DETAILED DESCRIPTION OF THE INVENTION
[0029] The above objectives of the present invention and the
features of structure and function of the present invention are
described according to preferred embodiments in figures.
[0030] The present invention provides a polarization structure with
touch functions, referring to FIGS. 1A and 1B which are an exploded
cross-sectional view and a combined cross-sectional view of the
polarization structure according to the first embodiment of the
present invention, respectively. The polarization structure 1
includes a first polarization plate 11, a transparent substrate 12,
a first conductive glue layer 13, and a first adhesive layer 15.
The first adhesive layer 15 is optical clear adhesive (OCA),
optical clear resin (OCR), or liquid adhesive lamination (LAL). The
first adhesive layer 15 is disposed between the first polarization
plate 11 and the transparent substrate 12, whereby to attach the
first polarization plate 11 to the transparent substrate 12.
[0031] Also, the side of the first polarization plate 11 opposite
to the transparent substrate 12 is for the user to perform the
touch using a finger or a stylus. The material of the transparent
substrate 12 is, but not limited to, Polyethylene Terephthalate
(PET) for explanation in the preferred embodiment. In practice, the
material of the transparent substrate 12 can be selected from the
group consisting of poly carbonate (PC), polyethylene (PE), Poly
Vinyl Chloride (PVC), Poly Propylene (PP), Poly Styrene (PS),
Polymethylmethacrylate (PMMA), cyclo olefin copolymer (COC), and
glass.
[0032] Moreover, the transparent substrate 12 has an inductive
electrode layer 121, the inductive electrode layer 121 being
selected to be disposed on either side of the transparent substrate
12. In the preferred embodiment, the inductive electrode layer 121
is disposed on one side of the transparent substrate 12 for
explanation. The inductive electrode layer 121 includes a plurality
of first inductive electrodes 1211 and a plurality of second
inductive electrodes 1212 which are either indium tin oxide (ITO)

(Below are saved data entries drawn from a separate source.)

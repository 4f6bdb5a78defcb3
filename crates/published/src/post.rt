//! Steps on their way to the copies.
ghost use Rattle.std.specs.Prelude.{◌≡◌, IsTrue};
ghost use Rattle.published.specs.Judged.{AreJudged};
ghost use Rattle.published.specs.Known.{Known, next_of};

use crate::book::{Naming, StepPrefix};
use crate::made::{MadeIndex, MadeIndexes};
use shown::Step;
use std::cell::Cell;
use std::marker::Model;

/// A step, and the list of the book that `J` names which it ends. All steps of that were judged: a copy that has the others need
/// not judge it again. With a step that moves the index there may come an index for each copy. Contracts see it as the step and the
/// list.
#[derive(Drop)]
pub struct Post<J: Naming> {
    step: Step,
    after: StepPrefix,
    first: Cell<Option<MadeIndex<J>>>,
    second: Cell<Option<MadeIndex<J>>>,
}

impl<J: Naming> Model for Post<J> {
    ghost use Rattle.std.specs.Prelude.{◌≡◌};
    ghost use Rattle.published.specs.Copies.{Posted};
    ghost use Rattle.published.specs.Judged.{AreJudged};
    ghost use Rattle.published.specs.Known.{Known, next_of};
    ghost use Rattle.published.specs.inside.WritingCodes.{coded_posted};

    ghost Value = { Posted };

    ghost coded = { coded_posted };

    ghost view = { λ p. record { step = p.step; after = p.after } };

    ghost invariant = { λ p. (p.after.book ≡ J.book) × AreJudged p.after.steps
        × ((before : Known) × (p.after ≡ next_of before p.step)) };
}

impl<J: Naming> Post<J> {
    /// The step by which one list becomes another.
    pub(crate) fn new(step: Step, after: StepPrefix, made: Option<MadeIndexes<J>>) -> Post<J>
        requires book { after.book ≡ J.book }
        requires judged { AreJudged after.steps }
        requires ends { (before : Known) × (after ≡ next_of before step) }
        ensures { result ≡ record { step = step; after = after } }
    {
        let (first, second) = match made {
            Some(made) => (Some(made.first), Some(made.second)),
            None => (None, None),
        };
        Post {
            step,
            after,
            first: Cell::new(first),
            second: Cell::new(second),
        }
    }

    /// The step.
    pub(crate) fn step(&self) -> &Step
        ensures { result.now ≡ self.now.step }
    {
        &self.step
    }

    /// An index that came with it and that no copy has taken, if one is left.
    pub(crate) fn take_index(&self) -> Option<MadeIndex<J>> {
        match self.first.replace(None) {
            Some(made) => Some(made),
            None => self.second.replace(None),
        }
    }

    /// The list that it ends.
    pub(crate) fn after(&self) -> &StepPrefix
        ensures same { result.now ≡ self.now.after }
        ensures book { result.now.book ≡ J.book }
        ensures judged { AreJudged result.now.steps }
    {
        &self.after
    }

    /// Whether it is the next step after these. It compares two lengths: there is one list of the book.
    pub(crate) fn is_next_of(&self, steps: &StepPrefix) -> bool
        requires { steps.now.book ≡ J.book }
        ensures next { IsTrue result → self.now.after ≡ next_of steps.now self.now.step }
        ensures judged { AreJudged self.now.after.steps }
    {
        steps.begins(&self.after) && steps.len() + 1 == self.after.len()
    }
}
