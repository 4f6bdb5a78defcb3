//! What a session remembers.
ghost use Rattle.std.specs.Prelude.{◌≡◌, ◌⊎◌, IsTrue, IfOk, IfSome};
ghost use Rattle.shown.specs.Asked.{IsTold};
ghost use Rattle.shown.specs.KeptAnswers.{AreRetainedAnswers};
ghost use Rattle.shown.specs.Standing.{standing};
ghost use Rattle.published.specs.Known.{Begins};
ghost use Rattle.published.specs.Judged.{AreJudged};

use crate::book::StepPrefix;
use answer_cache::CachedAnswers;
use shown::{Question, Refused, Told};
use std::alloc::{AllocError, Global};
use std::hash::RandomState;
use std::marker::Model;

/// What one copy tells: an answer, the number of its store, and the steps that it stands for.
pub type Look<A> = (A, u64, StepPrefix);

/// The steps that a session knows, all of which were judged, and answers of its checks, which are right of what these steps
/// retain. Contracts see it as the steps, with the name of their book.
#[derive(Drop)]
pub struct Remembered {
    known: StepPrefix,
    kept: CachedAnswers,
}

impl Model for Remembered {
    ghost use Rattle.shown.specs.KeptAnswers.{AreRetainedAnswers};
    ghost use Rattle.shown.specs.Standing.{standing};
    ghost use Rattle.published.specs.Known.{Known};
    ghost use Rattle.published.specs.Judged.{AreJudged};
    ghost use Rattle.published.specs.inside.Codes.{coded_known};

    ghost Value = { Known };

    ghost coded = { coded_known };

    ghost view = { λ m. m.known };

    ghost invariant = { λ m.
        AreJudged m.known.steps × AreRetainedAnswers (standing m.known.steps).kept m.kept };
}

impl Remembered {
    /// These steps, and no answer yet.
    pub(crate) fn new(
        alloc: Global,
        keys: RandomState,
        known: StepPrefix,
    ) -> Result<Remembered, AllocError>
        requires { AreJudged known.steps }
        ensures { IfOk result (λ remembered. remembered ≡ known) }
    {
        let kept = CachedAnswers::new(alloc, keys)?;
        Ok(Remembered { known, kept })
    }

    /// All that is known was judged.
    pub(crate) fn knows_judged_steps(&self)
        ensures { AreJudged self.now.steps }
    {
        // A proof knows the invariant where a field is used.
        let _ = &self.known;
    }

    /// Whether these steps begin with what is known.
    pub(crate) fn begins(&self, steps: &StepPrefix) -> bool
        requires book { steps.now.book ≡ self.now.book }
        ensures { IsTrue result → Begins self.now steps.now }
    {
        self.known.begins(steps)
    }

    /// The answers that are kept, for a check at the standing of these steps. Nothing where they do not begin with what is
    /// known: they may then lack a revision of which an answer is kept.
    pub(crate) fn answers_for(&self, steps: &StepPrefix) -> Option<&CachedAnswers>
        requires book { steps.now.book ≡ self.now.book }
        requires judged { AreJudged steps.now.steps }
        ensures later { IfSome result (λ _. Begins self.now steps.now) }
        ensures right { IfSome result (λ kept. AreRetainedAnswers (standing steps.now.steps).kept kept.now) }
    {
        if self.known.begins(steps) {
            Some(&self.kept)
        } else {
            None
        }
    }

    /// From now on these steps are known. The answers stay.
    pub(crate) fn advance(&mut self, steps: StepPrefix)
        requires later { Begins self.old steps }
        requires judged { AreJudged steps.steps }
        ensures { self.new ≡ steps }
    {
        self.known = steps;
    }

    /// From now on no less than these steps is known. The answers stay.
    pub(crate) fn learn(&mut self, steps: &StepPrefix)
        requires book { steps.now.book ≡ self.old.book }
        requires judged { AreJudged steps.now.steps }
        ensures judged { AreJudged self.new.steps }
        ensures kept { Begins self.old self.new }
        ensures told { Begins steps.now self.new }
        ensures least { (self.new ≡ self.old) ⊎ (self.new ≡ steps.now) }
    {
        self.known = self.known.longer(steps);
    }

    /// Keeps what a check was answered, as far as there is memory for it. The steps stay.
    pub(crate) fn keep(&mut self, question: &Question, asked: &Result<Told, Refused>)
        requires { IfOk asked.now (IsTold (standing self.old.steps) question.now) }
        ensures { self.new ≡ self.old }
    {
        let Ok(told) = asked else {
            return;
        };
        let Question::Check(_, node, user) = question else {
            return;
        };
        let Told::Checked(answer) = told else {
            return;
        };
        let _kept = self.kept.keep(answer.rev, node, user, answer.value);
    }
}
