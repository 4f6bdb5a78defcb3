//! A session asks the published state, with no lock and no wait.
ghost use Rattle.std.specs.Prelude.{◌≡◌, ◌⊎◌, IfOk, IfErr, IfSome, IfNone, Some, None};
ghost use Rattle.names.specs.declared.refusal.Refusal.TheVariants.{Reopen};
ghost use Rattle.left_right.specs.Sides.{view};
ghost use Rattle.shown.specs.Standing.{standing, state_of};
ghost use Rattle.shown.specs.Answers.{IsAnswer, IsRefusal};
ghost use Rattle.shown.specs.Asked.{IsTold, RefusesQuestion};
ghost use Rattle.shown.specs.Expanding.{IsTree, IsTreeRefusal};
ghost use Rattle.leopard.specs.Exprs.{query_of};
ghost use Rattle.shown.specs.Grouping.{AreGroups, IsGroupsRefusal};
ghost use Rattle.shown.specs.Looking.{AreObjects, IsLookupRefusal};
ghost use Rattle.shown.specs.Copying.{IsCopied};
ghost use Rattle.shown.specs.Paging.{IsPage, IsPageRefusal};
ghost use Rattle.shown.specs.Watching.{IsWatched};
ghost use Rattle.published.specs.Known.{Known, Begins};
ghost use Rattle.published.specs.Judged.{AreJudged};
ghost use Rattle.published.specs.Answering.{IsRefusedIn, IsWatchRefusedIn};
ghost use Rattle.published.specs.Vouching.{IsSameSnap, IsVouchRefusal};

use crate::book::{Naming, StepPrefix};
use crate::made::{Copied, is_same};
use crate::receipt::Receipt;
use crate::remembered::{Look, Remembered};
use crate::rule::{CopyReader, Seeing};
use core::mem::replace_with;
use expand::Tree;
use leopard::{Expr, Input};
use lookup::Lookup;
use names::{Items, Node, Object, Refusal, State, Tuple};
use rows::Tupleset;
use shown::{Answer, Depth, Objects, Question, Refused, Told};
use std::alloc::Global;
use std::marker::Model;
use watch::{Namespaces, Page};
use zookie::{Consistency, Zookie};

/// A reader of the published state of the book that `J` names, and the steps that it knows. Contracts see it as those steps, with the
/// name of their book. What it is asked is answered by the standing of steps that begin with all it knew, and
/// from then on it knows these. All that it knows was judged before it was posted. It outlives the publication,
/// and answers nothing from then on. It keeps up to 1,024 answers of its checks, and asks them at its next checks: what is
/// answered is the same.
#[derive(Drop)]
pub struct Session<J: Naming> {
    reader: CopyReader<J>,
    known: Remembered,
}

impl<J: Naming> Model for Session<J> {
    ghost use Rattle.std.specs.Prelude.{◌≡◌, Some};
    ghost use Rattle.left_right.specs.Sides.{view as seen_by};
    ghost use Rattle.published.specs.Known.{Known};
    ghost use Rattle.published.specs.Judged.{AreJudged};
    ghost use Rattle.published.specs.inside.Codes.{coded_known};

    ghost Value = { Known };

    ghost coded = { coded_known };

    ghost view = { λ s. s.known };

    ghost invariant = { λ s.
        ((k : Known) × (seen_by s.reader.place ≡ Some k) × (k.book ≡ s.known.book))
        × AreJudged s.known.steps };
}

films or antimony tin oxide (ATO) films.
[0033] In the preferred embodiment, the first and second inductive
electrodes 1211, 1212 are interlaced each other, electrically
insulated each other, and formed on one side of the transparent
substrate 12, but not limited to this. In practice, the designer
can change the corresponding arrangement and patterns of the first
and second inductive electrodes 1211, 1212 according to the
requirements of touch-sensing sensitivity and layout space; for
example, the first and second inductive electrodes 1211, 1212 are
formed correspondingly on one side of the transparent substrate
12.
[0034] Besides, the first and second inductive electrodes 1211,
1212 in the preferred embodiment are formed on one side of the
transparent substrate 12 by sputtering, but not limited to this.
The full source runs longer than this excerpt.